Optimize NodeJS Apps in Production on Ubuntu

Why PM2 is Essential for Applications in Production?

When deploying a Node.js application in a production environment, ensuring stability, efficiency, and reliability is crucial. This is where PM2, a powerful process manager for Node.js applications, becomes an invaluable tool. PM2 simplifies process management, enhances performance, and provides robust monitoring capabilities. In this post, we’ll explore why PM2 is essential for running Node.js applications in production.

To ensure a Node.js app keeps running smoothly in production on Linux/Ubuntu, there are many ways to achieve this, but here are some of the essential steps that will help you elevate your application’s performance to the ‘next level’:

  1. Regularly monitor system resource usage to prevent bottlenecks
  2. Implement error handling and logging to quickly diagnose and fix issues as they arise
  3. Utilize process managers like PM2 or Forever to automatically restart your application in case of failures
  4. Ensure that your dependencies are always updated and secure to avoid vulnerabilities
  5. A bonus step: consider employing load balancing and clustering techniques to enhance the app’s scalability and availability. Nginx is great here even if you have one instance.

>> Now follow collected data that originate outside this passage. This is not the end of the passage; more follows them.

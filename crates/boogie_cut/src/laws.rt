//! Laws of what is written for loops and calls, each as the contract of a function that does nothing.

ghost use Rattle.std.specs.Prelude.{ℕ, List};
ghost use Rattle.vb_value.specs.Bound.{Unbounded, Bounded};
ghost use Rattle.boogie_tree.specs.Value.{BValue, BChoice};
ghost use Rattle.boogie_meaning.specs.Compared.{RunIsBoundedBy};
ghost use Rattle.boogie_loops.specs.Modular.{cutrun_proc};
ghost use Rattle.boogie_loops.specs.Turning.{wrun_proc};
ghost use Rattle.boogie_loops.specs.Wide.{WStmts, WProc, WProgram};
ghost use Rattle.boogie_loops.specs.WideTypes.{IsWideProgram};
ghost use Rattle.boogie_cut.specs.Bounded.{IsTurnedBoundedBy};
ghost use Rattle.boogie_cut.specs.Cut.{cut_program};
ghost use Rattle.boogie_cut.specs.Follows.{AreCutOf};

/// For each procedure that has a body one is written. Its runs are the modular runs, and where a turning run fails, some run of
/// it fails as well.
pub fn what_is_written_follows_the_loops()
    ensures { (program : WProgram) → IsWideProgram program → AreCutOf program (cut_program program) }
{}

/// A modular run within the bound ends as the one without it, or is over; and so does a turning run, whatever the number of turns.
/// Without the bound neither is ever over.
pub fn the_bound_only_ends_runs()
    ensures modular { (ps : List WProc) (d : WProc) (body : WStmts) (env : List BValue) (cs : List BChoice)
        → RunIsBoundedBy (cutrun_proc ps Bounded d body env cs) (cutrun_proc ps Unbounded d body env cs) }
    ensures turning { (ps : List WProc) (d : WProc) (body : WStmts) (env : List BValue) (cs : List BChoice) (n : ℕ)
        → IsTurnedBoundedBy (wrun_proc ps Bounded d body env cs n) (wrun_proc ps Unbounded d body env cs n) }
{}
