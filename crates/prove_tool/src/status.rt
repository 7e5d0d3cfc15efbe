// How a call ends, and the line that it then writes to the error stream.
ghost use Rattle.std.specs.Prelude.{◌≡◌, IfOk};
ghost use Rattle.std.specs.String.{string_bytes};
ghost use Rattle.prove_tool.specs.Parts.{status_of_boogie, status_of_certificates, status_of_file, status_of_proof, status_of_viper};
ghost use Rattle.prove_tool.specs.Status.{kind_of, line_of, number_of};

use crate::language::Language;
use crate::refusal::ProveRefusal;
use boogie_file::BoogieTrouble;
use std::alloc::{AllocError, Global};
use tool_common::CallStatus;
use unit_proof::CertificateFault;
use vb_outer::FileFault;
use viper_file::ViperFault;
use viper_proof::Unproved;

/// How a call ends. The status that the process ends with is its number.
#[derive(Clone, Copy, Debug, PartialEq, Eq)]
pub enum ProveStatus {
    /// What was asked for is done. Where it is a proof, each unit is proved.
    Done,
    /// A file is refused.
    Refused(ProveRefusal),
    /// The words are those of no command.
    Usage,
    /// The shelf failed, or has no file of one of the names.
    ReadFault,
    /// The sink of the output or of the errors failed.
    WriteFault,
    /// Memory was refused.
    NoMemory,
    /// A unit is open.
    Open,
}

impl ProveStatus {
    /// The status of the process.
    pub fn number(self) -> u8
        ensures { result ≡ number_of self }
    {
        match self {
            ProveStatus::Done => 0,
            ProveStatus::Refused(_) => 1,
            ProveStatus::Usage => 2,
            ProveStatus::ReadFault => 3,
            ProveStatus::WriteFault => 4,
            ProveStatus::NoMemory => 5,
            ProveStatus::Open => 10,
        }
    }
}

impl CallStatus for ProveStatus {
    ghost kind = { kind_of };

    fn write_fault() -> Self {
        ProveStatus::WriteFault
    }

    fn no_memory() -> Self {
        ProveStatus::NoMemory
    }
}

/// The line that a call with this status writes to the error stream; nothing, where it writes none.
pub fn line(alloc: Global, status: ProveStatus) -> Result<String, AllocError>
    ensures { IfOk result (λ text. string_bytes text ≡ line_of status) }
{
    match status {
        ProveStatus::Refused(refusal) => format!(in alloc; "error: {refusal}\n"),
        ProveStatus::Usage => format!(in alloc;
            "usage: prove[-boogie] FILE [STEPS] | certificates[-boogie] FILE [STEPS] | certify[-boogie] FILE CERTIFICATES | conditions[-boogie] FILE | values[-boogie] FILE [STEPS]\n"
        ),
        ProveStatus::ReadFault => format!(in alloc; "error: read\n"),
        ProveStatus::Done | ProveStatus::WriteFault | ProveStatus::NoMemory | ProveStatus::Open => {
            Ok(String::new(alloc))
        }
    }
}

/// The status where a file of the language could not be read.
pub fn of_file(language: Language, fault: FileFault) -> ProveStatus
    ensures { result ≡ status_of_file language fault }
{
    match fault {
        FileFault::Memory => ProveStatus::NoMemory,
        FileFault::Failed => ProveStatus::ReadFault,
        FileFault::Long => ProveStatus::Refused(language.too_long()),
    }
}

/// The status where a file of Viper has no typed program.
pub fn of_viper(fault: ViperFault) -> ProveStatus
    ensures { result ≡ status_of_viper fault }
{
    match fault {
        ViperFault::Memory => ProveStatus::NoMemory,
        ViperFault::Refused(refusal) => ProveStatus::Refused(ProveRefusal::Viper(refusal)),
    }
}

/// The status where a text of Boogie has no typed program, or nothing is told of its procedures.
pub fn of_boogie(trouble: BoogieTrouble) -> ProveStatus
    ensures { result ≡ status_of_boogie trouble }
{
    match trouble {
        BoogieTrouble::Memory => ProveStatus::NoMemory,
        BoogieTrouble::Read => ProveStatus::ReadFault,
        BoogieTrouble::Refused(refusal) => ProveStatus::Refused(ProveRefusal::Boogie(refusal)),
    }
}

/// The status where nothing is told of the units of a file of Viper.
pub fn of_proof(unproved: Unproved) -> ProveStatus
    ensures { result ≡ status_of_proof unproved }
{
    match unproved {
        Unproved::Memory => ProveStatus::NoMemory,
        Unproved::Read => ProveStatus::ReadFault,
        Unproved::Refused(refusal) => ProveStatus::Refused(ProveRefusal::Viper(refusal)),
    }
}

/// The status where certificates cannot be gone on with.
pub fn of_certificates(fault: CertificateFault) -> ProveStatus
    ensures { result ≡ status_of_certificates fault }
{
    match fault {
        CertificateFault::Memory => ProveStatus::NoMemory,
        CertificateFault::Read => ProveStatus::ReadFault,
    }
}
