// What a file is the text of, and what there is to show of its units.
ghost use Rattle.std.specs.Prelude.{◌≡◌, ◌<◌, ◌≤◌, ◌↔◌, IfOk, IsErrOf};
ghost use Rattle.vb_base.specs.declared.labels.Label.{Label};
ghost use Rattle.vb_outer.specs.Faults.{Rose};
ghost use Rattle.boogie_print.specs.Printable.{IsFreeName};
ghost use Rattle.boogie_formula.specs.Printable.{IsPrintableConditions};
ghost use Rattle.boogie_formula.specs.Types.{IsTypedConditions};
ghost use Rattle.boogie_formula.specs.Value.{CanFail};
ghost use Rattle.boogie_formula.specs.View.{conditions_of};
ghost use Rattle.unit_proof.specs.declared.faults.CertificateFault.TheVariants as fault;
ghost use Rattle.prove_tool.specs.Parts.{AreAnswers, IsSound, subject_of};
ghost use Rattle.prove_tool.specs.Subject.{AreBuilt, IsProcedureName, UnitFails, count_of};

use boogie_proof::{procedure_answers, procedure_conditions};
use boogie_tree::BProgram;
use std::alloc::Global;
use unit_proof::{CertificateFault, Certificates, UnitAnswer, UnitConditions};
use vb_base::Memory;
use vb_outer::Shelf;
use viper_core::Program;
use viper_proof::{unit_answers, unit_conditions};

/// The program of a file, in its language.
#[derive(Drop)]
pub enum Subject {
    Viper(Program),
    Boogie(BProgram),
}

impl Subject {
    /// How many units it has.
    pub fn count(&self) -> usize
        ensures { result ≡ count_of (subject_of self.now) }
    {
        match self {
            Subject::Viper(program) => program.units.len(),
            Subject::Boogie(program) => program.procs.len(),
        }
    }

    /// The conditions of the unit of this number, from 0 on: an assertion of them with a label can fail exactly where some run of the
    /// unit fails at the label. They can be printed. `Memory` where there is no memory.
    pub fn conditions(&self, alloc: Global, number: usize) -> Result<UnitConditions, Memory>
        requires sound { IsSound (subject_of self.now) }
        requires exists { number < count_of (subject_of self.now) }
        ensures named { IfOk result (λ made. IsProcedureName (subject_of self.now) number made.name) }
        ensures built { IfOk result (λ made. AreBuilt (subject_of self.now) number (conditions_of made.conditions)) }
        ensures typed { IfOk result (λ made. IsTypedConditions (conditions_of made.conditions)) }
        ensures free { IfOk result (λ made. IsFreeName made.name) }
        ensures printable { IfOk result (λ made. IsPrintableConditions (conditions_of made.conditions)) }
        ensures exact { IfOk result (λ made. (label : Label) → UnitFails (subject_of self.now) number label ↔ CanFail (conditions_of made.conditions) label) }
    {
        match self {
            Subject::Viper(program) => {
                let unit = number as u32;
                unit_conditions(alloc, program, unit)
            }
            Subject::Boogie(program) => procedure_conditions(alloc, program, number),
        }
    }

    /// What certificates show of the units, an answer for each, in order: no run of a unit that is proved fails, at any label.
    ///
    /// `Read` only where the shelf failed, and `Memory` where there is no memory.
    pub fn answers<H: Shelf, C: Certificates>(
        &self,
        alloc: Global,
        shelf: &mut H,
        certificates: &mut C,
    ) -> Result<Vec<UnitAnswer>, CertificateFault>
        requires { IsSound (subject_of self.now) }
        ensures answered { IfOk result (λ answers. AreAnswers (subject_of self.now) answers.items) }
        ensures read { IsErrOf result fault.Read → Rose (H.faults shelf.old) (H.faults shelf.new) }
        ensures later { H.faults shelf.old ≤ H.faults shelf.new }
        ensures files { H.files shelf.new ≡ H.files shelf.old }
    {
        match self {
            Subject::Viper(program) => unit_answers(alloc, program, shelf, certificates),
            Subject::Boogie(program) => procedure_answers(alloc, program, shelf, certificates),
        }
    }
}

1. Use a Process Manager (PM2)

PM2 is a popular process manager for Node.js applications that provides automatic restarts, logging, and monitoring.

Install PM2 globally:

npm install -g pm2

Start your application with PM2:

pm2 start app.js --name myNodeJSAppButInProd

Managing different configurations for development, testing, and production environments can be cumbersome. PM2 allows you to define environment-specific variables using an ecosystem file:

module.exports = {
  apps: [{
    name: "my-app",
    script: "app.js",
    env: {
      NODE_ENV: "development",
    },
    env_production: {
      NODE_ENV: "production",
    }
  }]
};

This ensures that your application loads the appropriate settings based on the environment, reducing configuration errors.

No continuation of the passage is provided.